|Yan'an Forum on Literature and Art|
Yan'an is a small town in northern Sha'anxi (Shensi) province that became the headquarters of the Chinese Communist Party (CCP) from 1936 after the Long March until 1949. The Yan'an period referred to the years between 1937 and 1945; it was crucial in preparing the CCP for power.
Japan's total war against China in July 1937 propelled the Nationalist, or Kuomintang (KMT), government to stop its campaign against the CCP. The two sides formed a second United Front on September 12, 1937. In a manifesto titled "Together We Confront the National Crisis," the CCP agreed to obey Dr. Sun Yat-sen's Three People's Principles (the ideology of the KMT), cease all anti-KMT activities, abolish the Soviet-style government in areas it controlled, and reorganize the Red Army to integrate it into the National Army.
In reality, the CCP retained control of areas where it was already established, only changing the name of its government, and also control of its military units, renaming the Red Army the Eighth Route Army in the northwest and the New Fourth Army in Jiangxi (Kiangsi).
With the Nationalist government bearing the brunt of Japan's assault, the CCP was freed from KMT attacks and used the unprecedented opportunity to grow.
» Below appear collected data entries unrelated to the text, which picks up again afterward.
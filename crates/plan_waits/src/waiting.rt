//! Which steps of a workflow have jobs that a plan does not know.
ghost use Rattle.std.specs.Prelude.{◌≡◌, ◌++◌, IfOk, OnOk, map, position, option_copied, bytes_eq};
ghost use Rattle.std.specs.List.{flat_map, list_any};
ghost use Rattle.plan_waits.specs.Waiting as spec;

use cwl_process::{Source, StepInput};
use cwl_value::{JobPlace, Segment};
use document_links::{Process, Step};
use plain_data::{Items, Text};
use std::alloc::{AllocError, Global};

/// A job that a plan knows.
#[derive(Drop)]
pub struct PlannedJob {
    pub place: JobPlace,
    /// Its outputs are known only once it has run.
    pub is_open: bool,
}

/// What a plan knows of a step.
#[derive(Drop)]
struct Standing {
    id: Text,
    /// The numbers of the steps whose outputs it reads.
    reads: Items<usize>,
    /// A job of it is known, so its inputs are.
    is_known: bool,
    /// A known job of it is open.
    is_open: bool,
    /// It is a workflow, and in it a step reads one with an open job.
    is_open_inside: bool,
}

/// The steps that are open within as many links as there are steps are all that are open.
pub fn open_steps_are_open()
    ensures { spec.OpenStepsAreOpen }
{}

/// The ids of those steps of a workflow, in the order of the document, of which jobs can't be known before open jobs have run.
pub fn waiting_steps(
    alloc: Global,
    process: &Process,
    jobs: &[PlannedJob],
) -> Result<Vec<Text>, AllocError>
    ensures { IfOk result (λ ids. ids.items ≡ spec.waiting_steps process.now jobs.now) }
{
    match process {
        Process::Tool(_) => Ok(Vec::new(alloc)),
        Process::Workflow(workflow) => { waiting_among(alloc, workflow.steps.as_slice(), jobs) }
    }
}

fn waiting_among(
    alloc: Global,
    steps: &[(Text, Step)],
    jobs: &[PlannedJob],
) -> Result<Vec<Text>, AllocError>
    ensures { IfOk result (λ ids. ids.items
        ≡ spec.waiting_among (map (spec.standing steps.now jobs.now) steps.now)) }
{
    let standings = standings_of(alloc, steps, jobs)?;
    let flags = open_after(alloc, standings.as_slice())?;
    named_of(alloc, standings.as_slice(), flags.as_slice())
}

fn named_of(alloc: Global, standings: &[Standing], flags: &[bool]) -> Result<Vec<Text>, AllocError>
    ensures { IfOk result (λ ids. ids.items ≡ flat_map (spec.named flags.now) standings.now) }
{
    let mut ids = Vec::new(alloc);
    for standing in standings {
        add_named(alloc, &mut ids, standing, flags)?;
    }
    Ok(ids)
}

fn add_named(
    alloc: Global,
    ids: &mut Vec<Text>,
    standing: &Standing,
    flags: &[bool],
) -> Result<(), AllocError>
    ensures { OnOk result (ids.new.items ≡ ids.old.items ++ spec.named flags.now standing.now) }
{
    if standing.is_open_inside || waits(standing, flags) {
        ids.push(standing.id.copied(alloc)?)?;
    }
    Ok(())
}

// Which steps are open, by their numbers: those with an open job, and those that wait.
fn open_after(alloc: Global, standings: &[Standing]) -> Result<Vec<bool>, AllocError>
    ensures { IfOk result (λ flags. flags.items ≡ spec.open_steps standings.now) }
{
    let mut flags = first_open(alloc, standings)?;
    for links in 0..standings.len() {
        let next = next_open(alloc, standings, flags.as_slice())?;
        if next.as_slice() == flags.as_slice() {
            return Ok(next);
        }
        flags = next;
    }
    Ok(flags)
}

fn first_open(alloc: Global, standings: &[Standing]) -> Result<Vec<bool>, AllocError>
    ensures { IfOk result (λ flags. flags.items ≡ spec.open_within 0 standings.now) }
{
    let mut flags = Vec::with_capacity(alloc, standings.len())?;
    for standing in standings {
        flags.push(standing.is_open)?;
    }
    Ok(flags)
}

// One link further.
fn next_open(alloc: Global, standings: &[Standing], flags: &[bool]) -> Result<Vec<bool>, AllocError>
    ensures { IfOk result (λ next. next.items ≡ map (spec.is_open flags.now) standings.now) }
{
    let mut next = Vec::with_capacity(alloc, standings.len())?;
    for standing in standings {
        next.push(standing.is_open || waits(standing, flags))?;
    }
    Ok(next)
}

// Whether no job of a step is known, and it reads an open step.
fn waits(standing: &Standing, flags: &[bool]) -> bool
    ensures { result ≡ spec.waits flags.now standing.now }
{
    !standing.is_known && reads_open(standing.reads.as_slice(), flags)
}

fn reads_open(reads: &[usize], flags: &[bool]) -> bool
    ensures { result ≡ list_any (spec.open_at flags.now) reads.now }
{
    for number in reads {
        if open_at(flags, *number) {
            return true;
        }
    }
    false
}

fn open_at(flags: &[bool], number: usize) -> bool
    ensures { result ≡ spec.open_at flags.now number }
{
    match flags.get(number) {
        Some(is_open) => *is_open,
        None => false,
    }
}

fn standings_of(
    alloc: Global,
    steps: &[(Text, Step)],
    jobs: &[PlannedJob],
) -> Result<Vec<Standing>, AllocError>
    ensures { IfOk result (λ standings. standings.items
        ≡ map (spec.standing steps.now jobs.now) steps.now) }
{
    let mut standings = Vec::with_capacity(alloc, steps.len())?;
    for step in steps {
        standings.push(standing_of(alloc, steps, jobs, step)?)?;
    }
    Ok(standings)
}

fn standing_of(
    alloc: Global,
    steps: &[(Text, Step)],
    jobs: &[PlannedJob],
    step: &(Text, Step),
) -> Result<Standing, AllocError>
    ensures { IfOk result (λ standing. standing ≡ spec.standing steps.now jobs.now step.now) }
{
    let id = step.0.copied(alloc)?;
    let reads = Items::from_vec(reads_of(alloc, steps, step.1.inputs.as_slice())?);
    Ok(Standing {
        is_known: is_known(jobs, id.as_str()),
        is_open: has_open(jobs, id.as_str()),
        is_open_inside: is_open_inside(&step.1.process, jobs, id.as_str()),
        id,
        reads,
    })
}

// The numbers of the steps that these inputs are linked to.
fn reads_of(
    alloc: Global,
    steps: &[(Text, Step)],
    inputs: &[(Text, StepInput)],
) -> Result<Vec<usize>, AllocError>
    ensures { IfOk result (λ reads. reads.items ≡ flat_map (spec.reads_by steps.now) inputs.now) }
{
    let mut reads = Vec::new(alloc);
    for (_, input) in inputs {
        if let Some(sources) = &input.links.sources {
            add_reads(&mut reads, steps, sources.as_slice())?;
        }
    }
    Ok(reads)
}

fn add_reads(
    reads: &mut Vec<usize>,
    steps: &[(Text, Step)],
    sources: &[Source],
) -> Result<(), AllocError>
    ensures { OnOk result (reads.new.items ≡ reads.old.items
        ++ flat_map (spec.read_by steps.now) sources.now) }
{
    for source in sources {
        add_read(reads, steps, source)?;
    }
    Ok(())
}

fn add_read(
    reads: &mut Vec<usize>,
    steps: &[(Text, Step)],
    source: &Source,
) -> Result<(), AllocError>
    ensures { OnOk result (reads.new.items ≡ reads.old.items ++ spec.read_by steps.now source.now) }
{
    if let Some(number) = number_at(steps, &source.step) {
        reads.push(number)?;
    }
    Ok(())
}

fn number_at(steps: &[(Text, Step)], id: &Option<Text>) -> Option<usize>
    ensures { result ≡ spec.number_at steps.now id.now }
{
    match id {
        None => None,
        Some(id) => number_of(steps, id.as_str()),
    }
}

fn number_of(steps: &[(Text, Step)], id: &str) -> Option<usize>
    ensures { result ≡ position (λ step. bytes_eq step.0 id.now) steps.now }
{
    steps.iter().position(|step| step.0.as_str() == id)
}

// Whether a job of the step of this id is known, or one inside the step.
fn is_known(jobs: &[PlannedJob], id: &str) -> bool
    ensures { result ≡ list_any (spec.is_job_of id.now) jobs.now }
{
    jobs.iter().any(|job| is_at(job.place.as_slice(), id))
}

fn has_open(jobs: &[PlannedJob], id: &str) -> bool
    ensures { result ≡ list_any (spec.is_open_job_of id.now) jobs.now }
{
    jobs.iter()
        .any(|job| job.is_open && is_at(job.place.as_slice(), id))
}

fn is_at(place: &[Segment], id: &str) -> bool
    ensures { result ≡ spec.is_at id.now place.now }
{
    match place {
        [] => false,
        [segment, ..] => segment.step.as_str() == id,
    }
}

fn is_open_inside(process: &Process, jobs: &[PlannedJob], id: &str) -> bool
    ensures { result ≡ list_any (spec.is_awaited_job_of process.now id.now) jobs.now }
{
    jobs.iter().any(|job| job.is_open && is_awaited_in(process, job.place.as_slice(), id))
}

fn is_awaited_in(process: &Process, place: &[Segment], id: &str) -> bool
    ensures { result ≡ spec.is_awaited_in process.now id.now place.now }
{
    match place {
        [] => false,
        [segment, rest @ ..] => { segment.step.as_str() == id && is_awaited(process, rest) }
    }
}

// Whether a step of a process, or of one inside it on the way to a place, reads the step on that way.
fn is_awaited(process: &Process, place: &[Segment]) -> bool
    ensures { result ≡ spec.is_awaited process.now place.now }
{
    match place {
        [] => false,
        [segment, rest @ ..] => {
            let id = segment.step.as_str();
            if is_read_in(process, id) {
                return true;
            }
            match inner(process, id) {
                Some(inside) => is_awaited(inside, rest),
                None => false,
            }
        }
    }
}

// The process of a step.
fn inner<'a>(process: &'a Process, id: &str) -> Option<&'a Process>
    ensures { option_copied result ≡ spec.inner process.now id.now }
{
    match process {
        Process::Tool(_) => None,
        Process::Workflow(workflow) => step_process(workflow.steps.as_slice(), id),
    }
}

fn step_process<'a>(steps: &'a [(Text, Step)], id: &str) -> Option<&'a Process>
    ensures { option_copied result ≡ spec.step_process id.now steps.now }
{
    for (other, step) in steps {
        if other.as_str() == id {
            return Some(&step.process);
        }
    }
    None
}

fn is_read_in(process: &Process, id: &str) -> bool
    ensures { result ≡ spec.is_read_in process.now id.now }
{
    match process {
        Process::Tool(_) => false,
        Process::Workflow(workflow) => is_read_among(workflow.steps.as_slice(), id),
    }
}

fn is_read_among(steps: &[(Text, Step)], id: &str) -> bool
    ensures { result ≡ list_any (spec.reads id.now) steps.now }
{
    steps.iter().any(|step| reads(step, id))
}

fn reads(step: &(Text, Step), id: &str) -> bool
    ensures { result ≡ spec.reads id.now step.now }
{
    step.1
        .inputs
        .as_slice()
        .iter()
        .any(|input| is_linked_to(&input.1, id))
}

fn is_linked_to(input: &StepInput, id: &str) -> bool
    ensures { result ≡ spec.is_linked_to id.now input.now }
{
    match &input.links.sources {
        None => false,
        Some(sources) => sources.as_slice().iter().any(|source| is_from(source, id)),
    }
}

fn is_from(source: &Source, id: &str) -> bool
    ensures { result ≡ spec.is_from id.now source.now }
{
    match &source.step {
        None => false,
        Some(step) => step.as_str() == id,
    }
}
The CCP priority, as Communist leader Mao Zedong (Mao Tse-tung) ordered his cadres, was "70 percent expansion, 20 percent dealing with the Kuomintang, and 10 percent resisting Japan."
His goal was to expand the CCP forces from 30,000 men to 1 million by the end of the war. He also mapped out a three-step strategy: first to manage the compromise with the KMT, next to attempt to achieve parity with it, and third to infiltrate to new areas and establish new guerrilla bases. The United Front had broken down completely by 1941 with a major clash in the New Fourth Army incident.
Negotiations during the remainder of the war never resolved the conflicting goals of the two sides. A war within the war enmeshed the two Chinese parties, with the CCP continuing to expand its bases and the KMT blockading the Yan'an area.
The Yan'an period was also important for laying down the principles of Chinese communism. Mao spent much time thinking and writing, as did his second in command, Liu Shaoqi (Liu Shao-ch'i). Mao's essays included "On the Protracted War," "Problems of Strategy in Guerrilla War against Japan," "On New Democracy," and "On Liberalism."
Liu's works included "How to be a Good Communist" and "On Inner-Party Struggle." Mao's works formed the basis of his later claim to be an original contributor in the development of Marxist-Leninist ideology.
The Yan'an period was also marked by the training and education of workers and peasants to be active supporters of the CCP, moderate land reform policies, and improvements to the rural economy. As a result the few Westerners (mostly reporters and not trained specialists on China) who were able to avoid the KMT blockade or were permitted to make brief chaperoned visits reported glowingly of their Yan'an experience.
From journalist Edgar Snow's book Red Star Over China, the result of his visit in 1936 and his interviews with Mao and other leaders, and from the accounts of shorter visits by other journalists, Westerners learned that the CCP leaders were not like the Soviet Communists but were agrarian reformers.
They compared Yan'an favorably with the Nationalist capital, Chongqing (Chungking), which they described as corrupt. Moscow also fostered this view when Joseph Stalin called the CCP "margarine" or "radish" Communists.